The book alternates between chapters in first person from the perspective of Orvo, a beekeeper mourning his dead son Eero, and excerpts from Eero's animal rights blog, against the background of a near future in which the disappearance of the bees has started leading to catastrophic crop failure and food shortages. The blog sections are the passionate and opinionated writings of a young person, while Orvo's chapters are meditative and almost dream-like, and capture heartbreakingly well the feeling of a middle-aged man alone moving slowly through a mire of grief. The juxtaposition works extremely well (and I think a lot of credit needs to be given to the English translator, Lola Rogers, for the effectiveness of this even though translation).

The straightforwardness of the prose makes this a relatively fast read, despite its slow pace and lack of action (characteristics which, to be clear, I hold in its favor.)

Spoilers ahead:

The book ponders on the nature of death, the individual, and the place and responsibilities of humans in the world around them without quite providing definitive answers, which I like (though it definitely comes down against an anthropocentric view of nature). The blurb characterizes the book as a retelling of the Orpheus myth, which I didn't really see until near the end.

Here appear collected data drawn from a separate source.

//! Units that move up to places whose nodes have room again.
#![tactic(auto)]

mod asked;
mod looking;
mod moves;
mod node_set;
mod offers;
mod opening;
mod search;
mod settling;
mod turns;

pub use asked::Asked;
pub use search::Search;
pub use turns::move_up;
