// Where a slot stands in an exchange.
#![tactic(auto, unfolding(crate::proofs::Open::phase))]

ghost use Rattle.std.specs.Prelude.{◌≡◌};
ghost use Rattle.rules.specs.Fields.{in_phase, holding};
ghost use Rattle.rules.specs.Slot.{traits, standing};

use rules::{Phase, Sensor, Slot, Traits};

// The slot in another phase.
pub fn in_phase(phase: Phase, s: Slot) -> Slot
    ensures { result ≡ in_phase phase s }
{
    Slot { phase, ..s }
}

// The slot with a register's bytes held for an exchange with its sensor.
pub fn holding(word: u16, s: Slot) -> Slot
    ensures { result ≡ holding word s }
{
    Slot {
        sensor: Sensor { word, ..s.sensor },
        ..s
    }
}

// A phase that is none of what a phase can be.
const PLAIN: Traits = Traits {
    sensor: false,
    command: false,
    takes: false,
    drives: false,
};

// Kept: an arm for each phase, here and in drive, listen and signal: document 01's tables, and the check sees that no phase is left out.
// What a phase is: of an exchange with the sensor, of a protect or clear before its stop, one that takes data bytes, one that serves
// reads.
pub fn traits(p: Phase) -> Traits
    ensures { result ≡ traits p }
{
    match p {
        Phase::MemoryData => Traits {
            takes: true,
            ..PLAIN
        },
        Phase::MemoryRead => Traits {
            drives: true,
            ..PLAIN
        },
        Phase::CommandAddress | Phase::CommandData | Phase::CommandStop => Traits {
            command: true,
            ..PLAIN
        },
        Phase::SensorPointer | Phase::SensorHigh | Phase::SensorLow => Traits {
            sensor: true,
            ..PLAIN
        },
        Phase::SensorReadHigh | Phase::SensorReadLow => Traits {
            sensor: true,
            drives: true,
            ..PLAIN
        },
        Phase::Idle | Phase::Control | Phase::Deaf | Phase::MemoryCounter | Phase::HalfSelected =>
            PLAIN,
    }
}

// The phase that the rules go by: an absent slot, and an exchange with a sensor that is not there, count as deaf.
pub fn standing(s: Slot) -> Phase
    ensures { result ≡ standing s }
{
    let t = traits(s.phase);
    if s.is_absent() | (t.sensor & !s.has_sensor()) {
        Phase::Deaf
    } else {
        s.phase
    }
}
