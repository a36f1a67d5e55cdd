// A control byte at one slot: whether the slot acknowledges it, and what it does then.
#![tactic(auto, unfolding(crate::proofs::Open::obey))]

ghost use Rattle.std.specs.Prelude.{◌≡◌, true, false, cond, ◌&&◌, eqb, set};
ghost use Rattle.rules.specs.Fields.{in_phase, to_come, holding};
ghost use Rattle.rules.specs.Pin.{read_of};
ghost use Rattle.rules.specs.Control.{acks_heard, obeyed};

use super::{blocks, phase};
use rules::{BlockNo, Heard, Phase, Slot, SlotNo};

// Kept: a flag beside a slot that is there either way, here and in bus_slots' Step and Shown: an ACK is a wire's level, and takes no value with it.
// A slot after a byte from the master, and whether it acknowledges.
#[derive(Clone, Copy)]
pub struct Heed {
    pub slot: Slot,
    pub ack: bool,
}

impl Heed {
    // Kept: a name for each of two constants: a call of `Heed::ack` says what a `true` among parameters would not.
    // The slot, and an ACK.
    pub fn ack(slot: Slot) -> Self
        ensures { result ≡ record { slot = slot; ack = true } }
    {
        Heed { slot, ack: true }
    }

    // The slot, and no ACK.
    pub fn nack(slot: Slot) -> Self
        ensures { result ≡ record { slot = slot; ack = false } }
    {
        Heed { slot, ack: false }
    }
}

// Which present slot acknowledges a control byte, if it is in no write cycle.
fn acks_heard(h: Heard, n: SlotNo, s: Slot) -> bool
    ensures { result ≡ acks_heard h n.0 s }
{
    match h {
        Heard::Memory { select, .. } => select == n,
        Heard::Sensor { select, .. } => (select == n) & s.has_sensor(),
        Heard::Protect(k) => s.voltage & !blocks::protects(k, s),
        Heard::ClearAll => s.voltage,
        Heard::ReadProtection(k) => !blocks::protects(k, s),
        Heard::ReadHalf => s.half == 0,
        Heard::SelectHalf(_) | Heard::ProtectForEver => true,
        Heard::Nothing => false,
    }
}

// The slot with a protect begun: block k is to come to the protection that stands, and whether that will be permanent.
fn protecting(k: BlockNo, lasting: bool, s: Slot) -> Slot
    ensures { result ≡ in_phase Phase.CommandAddress (to_come (set s.protection k.0 true) lasting s) }
{
    let coming = blocks::with_block(k, s.protection);
    phase::in_phase(Phase::CommandAddress, blocks::to_come(coming, lasting, s))
}

// The slot with a sensor read begun: both bytes are fixed.
fn fixed(s: Slot) -> Slot
    ensures { result ≡ in_phase Phase.SensorReadHigh (holding (read_of s.sensor s.sensor.pointer) s) }
{
    let word = bus_sensor::pin::read(s.sensor, s.sensor.pointer);
    phase::in_phase(Phase::SensorReadHigh, phase::holding(word, s))
}

// What the ACK of a control byte does.
fn obeyed(h: Heard, s: Slot) -> Slot
    ensures { result ≡ obeyed h s }
{
    match h {
        Heard::Memory { read: true, .. } => phase::in_phase(Phase::MemoryRead, s),
        Heard::Memory { read: false, .. } => phase::in_phase(Phase::MemoryCounter, s),
        Heard::Sensor { read: true, .. } => fixed(s),
        Heard::Sensor { read: false, .. } => phase::in_phase(Phase::SensorPointer, s),
        Heard::Protect(k) => protecting(k, false, s),
        Heard::ClearAll => phase::in_phase(
            Phase::CommandAddress,
            blocks::to_come([false; 4], false, s),
        ),
        Heard::SelectHalf(half) => phase::in_phase(Phase::HalfSelected, Slot { half, ..s }),
        Heard::ProtectForEver => protecting(BlockNo(0), true, s),
        Heard::ReadProtection(_) | Heard::ReadHalf | Heard::Nothing => phase::in_phase(
            Phase::Deaf,
            s,
        ),
    }
}

// A slot in a write cycle acknowledges no control byte.
pub fn acks_control(h: Heard, n: SlotNo, s: Slot) -> bool
    ensures { result ≡ (eqb s.left 0 && acks_heard h n.0 s) }
{
    (s.left == 0) & acks_heard(h, n, s)
}

// A control byte, which asks for h, at slot n.
pub fn controlled(h: Heard, n: SlotNo, s: Slot) -> Heed
    ensures { result ≡ record {
      slot = cond (eqb s.left 0 && acks_heard h n.0 s) (obeyed h s) (in_phase Phase.Deaf s);
      ack = eqb s.left 0 && acks_heard h n.0 s;
    } }
{
    if acks_control(h, n, s) {
        Heed::ack(obeyed(h, s))
    } else {
        Heed::nack(phase::in_phase(Phase::Deaf, s))
    }
}
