// One slot's machine, a module for each thing that it does. A slot looks at no other slot, and each contract is an equation with the law's
// definition of the same thing.
// Kept: a slot, its number, a byte, what that asks for, a phase and the slot's part of the memory are parameters, as the law's definitions take them:
// no function needs them all, and the part is lent while the slot is copied.
#![tactic(auto)]

pub mod blocks; // a slot's blocks and their protection; the address that the counter points to
pub mod cycle; // the write cycle: begun by a stop, run down by ticks, its end
pub mod drive; // a read
pub mod leaving; // what is let go when an exchange is left
pub mod listen; // a byte from the master
pub mod memory; // the memory in an exchange: counter, latch, bytes read
pub mod obey; // a control byte
pub mod phase; // where a slot stands in an exchange
pub mod pins; // what reaches one slot alone: high voltage, temperature, the write-protect pin
pub mod power; // a power cycle, and what it still does of a running write cycle
pub mod signal; // what reaches every slot and carries nothing: start, stop, timeout
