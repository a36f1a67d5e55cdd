// A capture's records, and the verdict on them.
#![tactic(auto)]

pub mod pieces; // whole records checked from a bus on, to the end or the first that differs
pub mod text; // a verdict as the line that is written
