// What reaches one slot alone: high voltage, temperature, the write-protect pin.
#![tactic(auto, unfolding(crate::proofs::Open::pins))]

ghost use Rattle.std.specs.Prelude.{◌≡◌, cond};
ghost use Rattle.rules.specs.Modelled.{absent};
ghost use Rattle.rules.specs.Slot.{switched, heated, shielded, applied};

use super::{leaving, phase};
use rules::{Applied, Older, Slot};

// High voltage on or off: a protect or clear that its stop has not begun is cancelled when it goes off. An older module's lasting form is not: it
// asks for the voltage at the control byte alone.
fn switched(on: bool, s: Slot) -> Slot
    ensures { result ≡ switched on s }
{
    let p = phase::standing(s);
    let t = phase::traits(p);
    let endures = s.is_older() & s.old.lasting;
    let left = if t.command & s.voltage & !on & !endures {
        leaving::lost(p, s)
    } else {
        s
    };
    Slot {
        voltage: on,
        ..left
    }
}

// A temperature, which reaches a slot with a sensor alone.
fn heated(t: i16, s: Slot) -> Slot
    ensures { result ≡ heated t s }
{
    if !s.has_sensor() {
        return s;
    }
    Slot {
        sensor: bus_sensor::pin::converted(s.sensor, t),
        ..s
    }
}

// The write-protect pin on or off, which an older module alone has.
fn shielded(on: bool, s: Slot) -> Slot
    ensures { result ≡ shielded on s }
{
    if !s.is_older() {
        return s;
    }
    Slot {
        old: Older { pin: on, ..s.old },
        ..s
    }
}

// What is applied to one slot, at that slot; an absent one is left alone.
pub fn applied(x: Applied, s: Slot) -> Slot
    ensures { result ≡ cond (absent s) s (applied x s) }
{
    if s.is_absent() {
        return s;
    }
    // Kept: an arm for each thing that is applied: their values are of two types, so that no table of functions has them all.
    match x {
        Applied::Voltage(on) => switched(on, s),
        Applied::Temperature(t) => heated(t, s),
        Applied::WriteProtect(on) => shielded(on, s),
    }
}
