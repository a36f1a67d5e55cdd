// The write cycle of a slot: a stop begins it, ticks run it down, and the last of them stores.
#![tactic(auto, unfolding(crate::proofs::Open::cycle))]

ghost use Rattle.std.specs.Prelude.{◌≡◌};
ghost use Rattle.rules.specs.Memory.{any_mark, begun, command_stop, data_stop, brought, ended, put_up_to, stored, ticked_part};
ghost use Rattle.rules.specs.Slot.{slot_next};

use super::{blocks, leaving};
use rules::{Act, Address, Older, Slot};

// At least one byte is latched.
fn any_mark(marks: [bool; 16]) -> bool
    ensures { result ≡ any_mark marks }
{
    marks.iter().any(|mark| *mark)
}

// A stop that begins the write cycle, at its full length.
fn begun(s: Slot) -> Slot
    ensures { result ≡ begun s }
{
    Slot {
        left: s.length,
        place: 0,
        ..s
    }
}

// A stop after a command's two bytes: the write cycle begins, but under the write-protect pin neither cycle nor effect follows.
pub fn command_stop(s: Slot) -> Slot
    ensures { result ≡ command_stop s }
{
    if blocks::pin_on(s) {
        leaving::cancelled(s)
    } else {
        begun(s)
    }
}

// A stop after data bytes: the write cycle begins if at least one is latched. It is a page's, and brings no protection.
pub fn data_stop(s: Slot) -> Slot
    ensures { result ≡ data_stop s }
{
    if any_mark(s.marks) {
        begun(leaving::cancelled(s))
    } else {
        leaving::abandoned(s)
    }
}

// The marked bytes of the latch go to their page, which begins at `at`, as far as part has it.
fn put(part: &mut [u8], at: u16, latch: [u8; 16], marks: [bool; 16])
    ensures { part.new ≡ put_up_to latch marks at 16 part.old }
{
    for (i, mark) in marks.iter().enumerate() {
        let to = usize::from(at) + i;
        if *mark & (to < part.len()) {
            part[to] = latch[i];
        }
    }
}

// The protection that the end brings: the one to come; of an older module block 0 alone, which stays protected if that is permanent.
fn brought(s: Slot) -> [bool; 4]
    ensures { result ≡ brought s }
{
    if s.is_older() {
        [
            s.coming[0] | s.old.permanent | s.old.lasting,
            false,
            false,
            false,
        ]
    } else {
        s.coming
    }
}

// The write cycle ends: what is latched goes to part, the slot's own 512 bytes, the protection to come stands, for ever if it is a lasting one, and
// nothing more is to come.
pub fn ended(s: Slot, part: &mut [u8]) -> Slot
    ensures { (result ≡ ended s) × (part.new ≡ stored s part.old) }
{
    let Address(a) = blocks::address_of(s);
    put(part, a / 16 * 16, s.latch, s.marks);
    let protection = brought(s);
    Slot {
        left: 0,
        protection,
        coming: protection,
        latch: [0; 16],
        marks: [false; 16],
        old: Older {
            permanent: s.old.permanent | s.old.lasting,
            lasting: false,
            ..s.old
        },
        ..s
    }
}

// A tick; part is the slot's own 512 bytes, which change where a write cycle ends. An absent slot is left alone.
pub fn tick(s: Slot, part: &mut [u8]) -> Slot
    ensures { (result ≡ slot_next 0 Act.Tick s) × (part.new ≡ ticked_part s part.old) }
{
    if s.is_absent() {
        return s;
    }
    match s.left {
        0 => s,
        1 => ended(s, part),
        left => Slot {
            left: left - 1,
            ..s
        },
    }
}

While Orpheus' quest to regain Eurydice always felt fundamentally selfish to me, Orvo's attempt to bring back his son, while selfish at the beginning, eventually becomes selfless as he gives up the possibility of seeing Eero again himself in order to leave a natural "paradise" unspoiled by humans for the bees and for Eero. By bringing Eero to Other Place, Orvo doesn't quite live up to his own philosophy about the unimportance of an individual life compared to the well-being of the whole "hive", but by cutting off the gateway there, he puts the good of a much greater whole, the untouched ecology of another world, above the good of himself and even the rest of humanity.